In 1972, Ferro joined the faculty of the Juilliard School, a post he held until his retirement as "vocal faculty emeritus" in 2006, after which he continued to give master classes there. However, his voice teaching extended far beyond Juilliard, both through his private voice studio in New York, and his master classes at many of the world's conservatories, including the Conservatoire de musique, Montréal, Royal Conservatory of Music in Toronto, Shanghai Conservatory of Music, Royal College of Music, Stockholm, Manhattan School of Music, and the Accademia Chigiana, where he was once a student. In France, he taught at the Opéra de Paris, Paris Conservatory, and Fondation Royaumont; in 1988, he was made an Officier de l'Ordre des Arts et des Lettres by the French government for his services to music. The many prominent opera singers who studied with Ferro include Evelyn Lear, Thomas Stewart, Kathleen Battle, Alan Titus, Rosalind Elias, Patricia Brooks, Sheri Greenawald, Ruth Welting, Youngok Shin, and Richard Stilwell.

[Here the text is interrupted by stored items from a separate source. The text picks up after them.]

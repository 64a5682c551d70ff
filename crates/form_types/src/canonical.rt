//! The keys that distinguish groups.

ghost use Rattle.std.specs.Prelude.{◌≡◌, ◌+◌, ◌<◌, ◌≤◌, [], ◌∷◌, ◌++◌, map, IfOk, OnOk, Option, is_some, vec_len, vec_capacity};
ghost use Rattle.std.specs.List.{flat_map};
ghost use Rattle.std.specs.Option.{option_to_list};
ghost use Rattle.wasm_spec.specs.TypeData.{heap_of, reference_of, value_of, storage_of, field_of, value_edges, storage_edges, field_edges, function_edges, composite_edges, reference_edges, sub_type_edges, group_edges};
ghost use Rattle.form_reader.specs.Views.{function_of, composite_of, sub_type_of};
ghost use Rattle.form_types.specs.Codes.{ended, value_code, storage_code, field_codes, function_codes, fields_codes, composite_codes, reference_code, head_codes, sub_type_codes, group_codes};
ghost use Rattle.std.specs.Cmp.Lexicographic.{bytes_decides};
ghost use Rattle.std.specs.Hash as fed;
ghost use Rattle.std.specs.Hash.{same_Alike, on_Alike, and-Alike, items_Alike};
ghost use Rattle.wasm_spec.specs.contracts.types.UnpackedIndexHash.TheImpl.Laws as index_hash;
ghost use Rattle.form_types.specs.Keys.{key_of, AddsToKey};

use crate::codes::{END, I32, below_i32, flag, named_by, storage_code, value_code};
use form_reader::{CompositeInnerType, FuncType, SubType};
use std::alloc::{AllocError, Global};
use std::hash::{Hash, Hasher};
use wasm_spec::{FieldType, HeapType, StorageType, UnpackedIndex, ValType};

/// A group as bytes and references.
///
/// For look-up, a reference is a position in the group or the id of an earlier type: groups that
/// are equal, given the types before them, have one key. When the key is first made, a reference is
/// the one that was read.
#[derive(Drop, PartialEq, Eq)]
pub struct CanonicalGroup {
    /// All of the group but what its references name.
    pub frame: Vec<u8>,
    /// What they name, in order.
    pub references: Vec<UnpackedIndex>,
}

/// The frame is hashed in one write, not byte by byte.
impl Hash for CanonicalGroup {
    ghost hash_input = { λ g. (g.frame.items ∷ []) ++ fed.slice ⟦<UnpackedIndex as Hash>⟧.hash_input g.references.items };

    ghost respects_eq = { (and-Alike (on_Alike (λ g. g.frame.items) (same_Alike (λ bytes. bytes ∷ []) bytes_decides))
        (on_Alike (λ g. g.references.items) (items_Alike (record { fed = index_hash.respects_eq-law })))).fed };

    fn hash<H: Hasher>(&self, state: &mut H) {
        state.write(&self.frame);
        self.references.hash(state);
    }
}

impl CanonicalGroup {
    /// The key of no members.
    pub fn new(alloc: Global) -> CanonicalGroup
        ensures { key_of result ≡ record { codes = []; references = [] } }
    {
        CanonicalGroup {
            frame: Vec::new(alloc),
            references: Vec::new(alloc),
        }
    }

    /// Removes all members.
    pub fn clear(&mut self)
        ensures { key_of self.new ≡ record { codes = []; references = [] } }
    {
        self.frame.clear();
        self.references.clear();
    }

    /// An equal key, with no more capacity than it needs.
    pub fn copied(&self, alloc: Global) -> Result<CanonicalGroup, AllocError>
        ensures { IfOk result (λ copy. key_of copy ≡ key_of self.now) }
    {
        let mut frame = Vec::with_capacity(alloc, self.frame.len())?;
        frame.extend_from_slice(&self.frame)?;
        let mut references = Vec::with_capacity(alloc, self.references.len())?;
        references.extend_from_slice(&self.references)?;
        Ok(CanonicalGroup { frame, references })
    }

    /// Adds the members of a group.
    pub fn add_group(&mut self, types: &[SubType]) -> Result<(), AllocError>
        ensures { OnOk result (AddsToKey self.old self.new (group_codes (map sub_type_of types.now)) (group_edges (λ i. i) (map sub_type_of types.now))) }
    {
        for ty in types {
            self.add_sub_type(ty)?;
        }
        Ok(())
    }

    fn add_sub_type(&mut self, ty: &SubType) -> Result<(), AllocError>
        ensures { OnOk result (AddsToKey self.old self.new (sub_type_codes (sub_type_of ty.now)) (sub_type_edges (λ i. i) (sub_type_of ty.now))) }
    {
        self.add_head(ty)?;
        self.add_composite(&ty.composite)
    }

    fn add_head(&mut self, ty: &SubType) -> Result<(), AllocError>
        ensures { OnOk result (AddsToKey self.old self.new (head_codes (sub_type_of ty.now)) (option_to_list ty.now.supertype)) }
    {
        self.frame.push(flag(ty.is_final))?;
        self.frame.push(flag(ty.supertype.is_some()))?;
        // No type that is read is shared.
        self.frame.push(flag(false))?;
        if let Some(index) = ty.supertype {
            self.references.push(index)?;
        }
        Ok(())
    }

    fn add_composite(&mut self, composite: &CompositeInnerType) -> Result<(), AllocError>
        ensures { OnOk result (AddsToKey self.old self.new (composite_codes (composite_of composite.now)) (composite_edges (λ i. i) (composite_of composite.now))) }
    {
        match composite {
            CompositeInnerType::Func(function) => {
                self.frame.push(0x60)?;
                self.add_function(function)
            }
            CompositeInnerType::Array(field) => {
                self.frame.reserve(3)?;
                self.frame.push_reserved(0x5E);
                self.add_field(field)
            }
            CompositeInnerType::Struct(fields) => self.add_struct(fields),
            CompositeInnerType::Cont(function) => {
                self.frame.push(0x5D)?;
                self.references.push(*function)?;
                Ok(())
            }
        }
    }

    fn add_function(&mut self, function: &FuncType) -> Result<(), AllocError>
        ensures { OnOk result (AddsToKey self.old self.new (function_codes (function_of function.now)) (function_edges (λ i. i) (function_of function.now))) }
    {
        self.add_values(&function.params)?;
        self.add_values(&function.results)
    }

    /// Adds values, and the end mark.
    fn add_values(&mut self, values: &[ValType]) -> Result<(), AllocError>
        ensures { OnOk result (AddsToKey self.old self.new (ended (map value_code (map value_of values.now))) (flat_map (value_edges (λ i. i)) (map value_of values.now))) }
    {
        self.frame.reserve(values.len() + 1)?;
        for value in values {
            self.add_value(value)?;
        }
        self.frame.push_reserved(END);
        Ok(())
    }

    /// Adds a value, for which there is capacity. Most values are no references.
    #[inline(always)]
    fn add_value(&mut self, value: &ValType) -> Result<(), AllocError>
        requires { vec_len self.old.frame < vec_capacity self.old.frame }
        ensures adds { OnOk result (AddsToKey self.old self.new (value_code (value_of value.now) ∷ []) (value_edges (λ i. i) (value_of value.now))) }
        ensures len { vec_len self.new.frame ≡ vec_len self.old.frame + 1 }
        ensures capacity { vec_capacity self.new.frame ≡ vec_capacity self.old.frame }
    {
        let Some(below) = below_i32(value) else {
            return self.add_reference(value);
        };
        self.frame.push_reserved(I32 - below);
        Ok(())
    }

    /// As `add_value`, of a reference.
    fn add_reference(&mut self, value: &ValType) -> Result<(), AllocError>
        requires { vec_len self.old.frame < vec_capacity self.old.frame }
        ensures adds { OnOk result (AddsToKey self.old self.new (value_code (value_of value.now) ∷ []) (value_edges (λ i. i) (value_of value.now))) }
        ensures len { vec_len self.new.frame ≡ vec_len self.old.frame + 1 }
        ensures capacity { vec_capacity self.new.frame ≡ vec_capacity self.old.frame }
    {
        self.frame.push_reserved(value_code(value));
        if let Some(index) = named_by(value) {
            self.references.push(index)?;
        }
        Ok(())
    }

    fn add_struct(&mut self, fields: &[FieldType]) -> Result<(), AllocError>
        ensures { OnOk result (AddsToKey self.old self.new (0x5F ∷ fields_codes (map field_of fields.now)) (flat_map (field_edges (λ i. i)) (map field_of fields.now))) }
    {
        self.frame.reserve(2 * fields.len() + 2)?;
        self.frame.push_reserved(0x5F);
        for field in fields {
            self.add_field(field)?;
        }
        self.frame.push_reserved(END);
        Ok(())
    }

    /// Adds a field, for which there is capacity.
    fn add_field(&mut self, field: &FieldType) -> Result<(), AllocError>
        requires { vec_len self.old.frame + 2 ≤ vec_capacity self.old.frame }
        ensures adds { OnOk result (AddsToKey self.old self.new (field_codes (field_of field.now)) (field_edges (λ i. i) (field_of field.now))) }
        ensures len { vec_len self.new.frame ≡ vec_len self.old.frame + 2 }
        ensures capacity { vec_capacity self.new.frame ≡ vec_capacity self.old.frame }
    {
        self.frame.push_reserved(storage_code(&field.element_type));
        self.frame.push_reserved(flag(field.mutable));
        if let StorageType::Val(value) = &field.element_type {
            if let Some(index) = named_by(value) {
                self.references.push(index)?;
            }
        }
        Ok(())
    }
}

In 1995, Ferro founded the Daniel Ferro Vocal Program, which takes place each summer in Greve in Chianti, Italy. The program includes master classes and private voice lessons for young singers, as well as public performances in the Castello di Verrazzano and the town's piazza and churches. In 2011, the program faculty and students celebrated Ferro's 90th birthday.

Ferro died on 18 November 2015. His first wife, Beth Hollinger Ferro, died in 1974. His second wife, Joy, and his sons Matthew and Jesse survive him.

==Recordings==
• Gilbert & Sullivan: The Pirates of Penzance – Howard Kahl, William McGrath, Virginia Babikian, Rosalind Hupp, Maribeth Ostertag, Donald Johnston, Daniel Ferro, Ed Cabot. Studio recording, Louis Shankson conductor, Rondo Records ST-585, 1960.

• Rodgers & Hammerstein: The King and I – Barbara Cook, Theodore Bikel, Daniel Ferro, Jeanette Scovotti, Anita Darian. Studio recording, Lehman Engel conductor, Columbia Records, 1964. Re-released on CD by Sony Broadway in 1993.